Work required: Scanning the entries below, copy every line that contains the word "Described".

[Stored data entries]
>>>
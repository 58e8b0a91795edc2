// Numbers written to a slice from a place on. What lies past them stays as it was.
ghost use Rattle.std.specs.Prelude.{[], ◌∷◌, ◌++◌, ◌+◌, ◌≤◌, length, take, replicate};
ghost use Rattle.grid.specs.Slices.{Laid};
ghost use Rattle.rules.specs.Memory.{most_bound, tile_numbers};
ghost use Rattle.tiles.specs.Described.{bound};

// The most times of a tile's bound.
pub const MOST_BOUND: usize = 31;

pub fn write_all(out: &mut [u64], at: usize, xs: &[u64]) -> usize
    requires { at + length xs.now ≤ length out.old }
    ensures { Laid (take at out.old ++ xs.now) out.old out.new result }
{
    out[at..at + xs.len()].copy_from_slice(xs);
    at + xs.len()
}

fn write_zeros(out: &mut [u64], at: usize, n: usize) -> usize
    requires { at + n ≤ length out.old }
    ensures { Laid (take at out.old ++ replicate n 0) out.old out.new result }
{
    out[at..at + n].fill(0);
    at + n
}

fn write_one(out: &mut [u64], at: usize, x: u64) -> usize
    requires { at + 1 ≤ length out.old }
    ensures { Laid (take at out.old ++ x ∷ []) out.old out.new result }
{
    out[at] = x;
    at + 1
}

// A tile's bound: its length, then its times, padded with zeros.
fn write_bound(out: &mut [u64], at: usize, f: &[u64]) -> usize
    requires { (at + 32 ≤ length out.old) × (length f.now ≤ most_bound) }
    ensures { Laid (take at out.old ++ bound f.now) out.old out.new result }
{
    let first = write_one(out, at, f.len() as u64);
    let past = write_all(out, first, f);
    write_zeros(out, past, MOST_BOUND - f.len())
}

// A tile: its two bounds and its held time.
pub fn write_tile(out: &mut [u64], at: usize, lower: &[u64], upper: &[u64], held: u64) -> usize
    requires { (at + 65 ≤ length out.old) × ((length lower.now ≤ most_bound) × (length upper.now ≤ most_bound)) }
    ensures { Laid (take at out.old ++ tile_numbers (record { lower = lower.entry.now; upper = upper.now; held = held })) out.old out.new result }
{
    let first = write_bound(out, at, lower);
    let second = write_bound(out, first, upper);
    write_one(out, second, held)
}
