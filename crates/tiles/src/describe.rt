// "tile_descriptions. Cut i is upper with held[i+1..] inserted, dominated times removed. Tile i runs from the last kept cut (at first lower)
// to cut i; skipped if the two are equal."
ghost use Rattle.std.specs.Prelude.{◌≡◌};
ghost use Rattle.tiles.specs.Described.{fitting, Described};

use crate::{place, tile};
use times::MOST_TIMES;

// How many numbers 16 tiles have.
pub const TILES_SIZE: usize = 1040;

// Whether there are at most 16 times each, and room for 16 tiles and 16 places.
#[tactic(auto, unfolding(crate::specs::Described::fitting))]
fn is_fitting(lower: usize, upper: usize, held: usize, out: usize, places: usize) -> bool
    ensures { result ≡ fitting lower upper held out places }
{
    lower <= MOST_TIMES
        && upper <= MOST_TIMES
        && held <= MOST_TIMES
        && out >= TILES_SIZE
        && places >= MOST_TIMES
}

// Writes the tiles, 65 numbers each, and the place of each held time's tile; says how many tiles there are. Frontiers have at most 16 times;
// what has more, and memory too short, is refused: the answer is 0 then, and nothing is written.
pub fn tile_descriptions(
    lower: &[u64],
    upper: &[u64],
    held: &[u64],
    out: &mut [u64],
    places: &mut [u64],
) -> usize
    ensures { Described lower.now upper.now held.now out.old out.new places.old places.new result }
{
    if !is_fitting(
        lower.len(),
        upper.len(),
        held.len(),
        out.len(),
        places.len(),
    ) {
        // The answer stays a number: the caller's contract speaks of a count, and what is refused has no tile.
        return 0;
    }
    let mut times = [0u64; MOST_TIMES];
    let mut low = [0u64; 32];
    let mut up = [0u64; 32];
    let count = tile::write_tiles(lower, upper, held, out, &mut times, &mut low, &mut up);
    place::write_places(held, &times[..count], places);
    count
}
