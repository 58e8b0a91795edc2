// The tiles, one held time after the other.
ghost use Rattle.std.specs.Prelude.{◌+◌, ◌*◌, ◌≤◌, ◌<◌, length};
ghost use Rattle.rules.specs.Tiles.{tiles};
ghost use Rattle.rules.specs.Memory.{most_bound, tile_size};
ghost use Rattle.tiles.specs.Described.{Kept, Tiled, Roomy};

use crate::{cut, write};

// How many numbers a tile has.
pub const TILE_SIZE: usize = 65;

// Writes the tile of one held time, and that time, unless the tile is skipped: "skipped if the two are equal".
fn write_kept(
    out: &mut [u64],
    times: &mut [u64],
    count: usize,
    lower: &[u64],
    upper: &[u64],
    h: u64,
) -> usize
    requires { ((count * tile_size + tile_size ≤ length out.old) × (count < length times.old)) × ((length lower.now ≤ most_bound) × (length upper.now ≤ most_bound)) }
    ensures { Kept lower.now upper.now h out.old out.new times.old times.new count result }
{
    if upper == lower {
        count
    } else {
        write::write_tile(out, count * TILE_SIZE, lower, upper, h);
        times[count] = h;
        count + 1
    }
}

// Writes all tiles, and their held times. low holds the last cut, and up the next one.
pub fn write_tiles(
    lower: &[u64],
    upper: &[u64],
    held: &[u64],
    out: &mut [u64],
    times: &mut [u64],
    low: &mut [u64],
    up: &mut [u64],
) -> usize
    requires { Roomy (length lower.now) (length upper.now) (length held.now) (length out.old) (length times.old) (length low.old) (length up.old) }
    ensures { Tiled (tiles lower.now upper.now held.now) out.old out.new times.old times.new result }
{
    let mut last = write::write_all(low, 0, lower);
    let mut count = 0;
    for (i, h) in held.iter().enumerate() {
        let next = cut::cut(upper, &held[i + 1..], up);
        count = write_kept(out, times, count, &low[..last], &up[..next], *h);
        last = write::write_all(low, 0, &up[..next]);
    }
    count
}
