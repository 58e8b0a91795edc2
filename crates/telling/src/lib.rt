// What a call says, as it is printed and as it is exported.
#![tactic(auto)]

ghost use Rattle.std.specs.Prelude.{◌++◌, ◌≡◌, ◌≤◌, length, drop};
ghost use Rattle.telling.specs.Said.{results_of, counted};

use answers::Outcome;
use writing::Results;

// As it is printed. A function and no From, since both types are of other crates.
pub fn results_of(o: Outcome) -> Results
    ensures { result ≡ results_of o }
{
    Results {
        status: o.status.number(),
        crossings: o.crossings,
        tiles: o.tiles,
        fixes: o.fixes,
        pending: o.pending,
        frontier: o.frontier,
    }
}

// Writes what a call says to six numbers.
#[tactic(auto, unfolding(crate::specs::Said::counted))]
pub fn tell(r: Outcome, counts: &mut [u64])
    requires { 6 ≤ length counts.old }
    ensures { counts.new ≡ counted r ++ drop 6 counts.old }
{
    counts[..6].copy_from_slice(&[
        r.status.number(),
        r.crossings,
        r.tiles as u64,
        r.fixes as u64,
        r.pending as u64,
        r.frontier as u64,
    ]);
}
<<<
Answer box:
ghost use Rattle.tiles.specs.Described.{bound};
ghost use Rattle.tiles.specs.Described.{fitting, Described};
#[tactic(auto, unfolding(crate::specs::Described::fitting))]
    ensures { Described lower.now upper.now held.now out.old out.new places.old places.new result }
ghost use Rattle.tiles.specs.Described.{Kept, Tiled, Roomy};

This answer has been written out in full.